## DATA LISTING

════════════════

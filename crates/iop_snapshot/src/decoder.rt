//! What reads the bytes of a snapshot.

ghost use Rattle.std.specs.Prelude.{◌≡◌, ◌<◌, ◌≤◌, None, Some, true, length, drop, IfNone, IfSome, OnSome, MatchOption, MatchBool};
ghost use Rattle.std.specs.List.{list_all};
ghost use Rattle.iop_snapshot.specs.Items.{is_width, fits_item, item_size, numbers_in, read_item, read_bytes};

use byteorder::{ByteOrder, LittleEndian};
use std::marker::Model;

/// Reads numbers and bytes from the bytes of a file, one behind the other. It takes no memory.
///
/// Its meaning is the bytes that are left.
#[derive(Drop)]
pub struct Decoder<'a> {
    rest: &'a [u8],
}

impl<'a> Model for Decoder<'a> {
    ghost use Rattle.std.specs.Prelude.{ℕ, List, All};
    ghost use Rattle.iop_base.specs.Numbers.{IsByte};

    ghost Value = { List ℕ };

    ghost view = { λ decoder. decoder.rest.now };

    ghost invariant = { λ decoder. All IsByte decoder.rest.now };
}

impl<'a> Decoder<'a> {
    /// A decoder at the first of these bytes.
    pub fn new(bytes: &'a [u8]) -> Self
        ensures { result ≡ bytes.now }
    {
        Decoder { rest: bytes }
    }

    /// How many bytes are left.
    pub fn left(&self) -> usize
        ensures { result ≡ length self.now }
    {
        self.rest.len()
    }

    /// Takes the next item: as many numbers as widths, each of 1, 2, 4 or 8 bytes, the lowest first.
    ///
    /// None exactly where fewer bytes are left than the item takes. Then nothing changes, in
    /// `values` neither.
    pub fn item(&mut self, widths: &[u8], values: &mut [u64]) -> Option<()>
        requires lengths { length values.old ≡ length widths.now }
        requires widths { list_all is_width widths.now ≡ true }
        ensures read { MatchOption result (read_item widths.now self.old ≡ None)
            (λ _. read_item widths.now self.old ≡ Some (values.new, self.new)) }
        ensures fits { OnSome result (fits_item widths.now values.new ≡ true) }
        ensures short { IfNone result (length self.old < item_size widths.now) }
        ensures none { IfNone result ((self.new ≡ self.old) × (values.new ≡ values.old)) }
    {
        if !have_room(self.rest, widths) {
            return None;
        }
        self.rest = fill(values, widths, self.rest);
        Some(())
    }

    /// Takes the next `len` bytes, which are lent from the file.
    ///
    /// None exactly where fewer are left, and then nothing changes.
    pub fn bytes(&mut self, len: u32) -> Option<&'a [u8]>
        ensures read { MatchOption result (read_bytes len self.old ≡ None)
            (λ bytes. read_bytes len self.old ≡ Some (bytes.now, self.new)) }
        ensures short { IfNone result (length self.old < len) }
        ensures none { IfNone result (self.new ≡ self.old) }
    {
        let len = len as usize;
        if self.left() < len {
            return None;
        }
        let (front, rest) = self.rest.split_at(len);
        self.rest = rest;
        Some(front)
    }
}

/// Whether numbers of these widths have room in the bytes.
fn have_room(bytes: &[u8], widths: &[u8]) -> bool
    ensures { MatchBool result (item_size widths.now ≤ length bytes.now)
        (length bytes.now < item_size widths.now) }
{
    let mut left = bytes.len();
    for width in widths {
        let width = usize::from(*width);
        if left < width {
            return false;
        }
        left -= width;
    }
    true
}

/// Fills in the numbers of these widths that stand at the front of the bytes, and answers the bytes
/// behind them.
fn fill<'a>(values: &mut [u64], widths: &[u8], bytes: &'a [u8]) -> &'a [u8]
    requires lengths { length values.old ≡ length widths.now }
    requires widths { list_all is_width widths.now ≡ true }
    requires room { item_size widths.now ≤ length bytes.now }
    ensures numbers { values.new ≡ numbers_in widths.now bytes.now }
    ensures behind { result.now ≡ drop (item_size widths.now) bytes.now }
{
    let mut rest = bytes;
    for (index, width) in widths.iter().enumerate() {
        let width = usize::from(*width);
        let (_, behind) = rest.split_at(width);
        values[index] = LittleEndian::read_uint(rest, width);
        rest = behind;
    }
    rest
}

════════════════

## PROBLEM TO SOLVE
Please return exactly the lines from the first line of the material through the one with "if !have_room(self.rest, widths)", and no lines after it.

## RESPONSE TO THIS EXERCISE
filename crates/iop_snapshot/src/decoder.rt
//! What reads the bytes of a snapshot.

ghost use Rattle.std.specs.Prelude.{◌≡◌, ◌<◌, ◌≤◌, None, Some, true, length, drop, IfNone, IfSome, OnSome, MatchOption, MatchBool};
ghost use Rattle.std.specs.List.{list_all};
ghost use Rattle.iop_snapshot.specs.Items.{is_width, fits_item, item_size, numbers_in, read_item, read_bytes};

use byteorder::{ByteOrder, LittleEndian};
use std::marker::Model;

/// Reads numbers and bytes from the bytes of a file, one behind the other. It takes no memory.
///
/// Its meaning is the bytes that are left.
#[derive(Drop)]
pub struct Decoder<'a> {
    rest: &'a [u8],
}

impl<'a> Model for Decoder<'a> {
    ghost use Rattle.std.specs.Prelude.{ℕ, List, All};
    ghost use Rattle.iop_base.specs.Numbers.{IsByte};

    ghost Value = { List ℕ };

    ghost view = { λ decoder. decoder.rest.now };

    ghost invariant = { λ decoder. All IsByte decoder.rest.now };
}

impl<'a> Decoder<'a> {
    /// A decoder at the first of these bytes.
    pub fn new(bytes: &'a [u8]) -> Self
        ensures { result ≡ bytes.now }
    {
        Decoder { rest: bytes }
    }

    /// How many bytes are left.
    pub fn left(&self) -> usize
        ensures { result ≡ length self.now }
    {
        self.rest.len()
    }

    /// Takes the next item: as many numbers as widths, each of 1, 2, 4 or 8 bytes, the lowest first.
    ///
    /// None exactly where fewer bytes are left than the item takes. Then nothing changes, in
    /// `values` neither.
    pub fn item(&mut self, widths: &[u8], values: &mut [u64]) -> Option<()>
        requires lengths { length values.old ≡ length widths.now }
        requires widths { list_all is_width widths.now ≡ true }
        ensures read { MatchOption result (read_item widths.now self.old ≡ None)
            (λ _. read_item widths.now self.old ≡ Some (values.new, self.new)) }
        ensures fits { OnSome result (fits_item widths.now values.new ≡ true) }
        ensures short { IfNone result (length self.old < item_size widths.now) }
        ensures none { IfNone result ((self.new ≡ self.old) × (values.new ≡ values.old)) }
    {
        if !have_room(self.rest, widths) {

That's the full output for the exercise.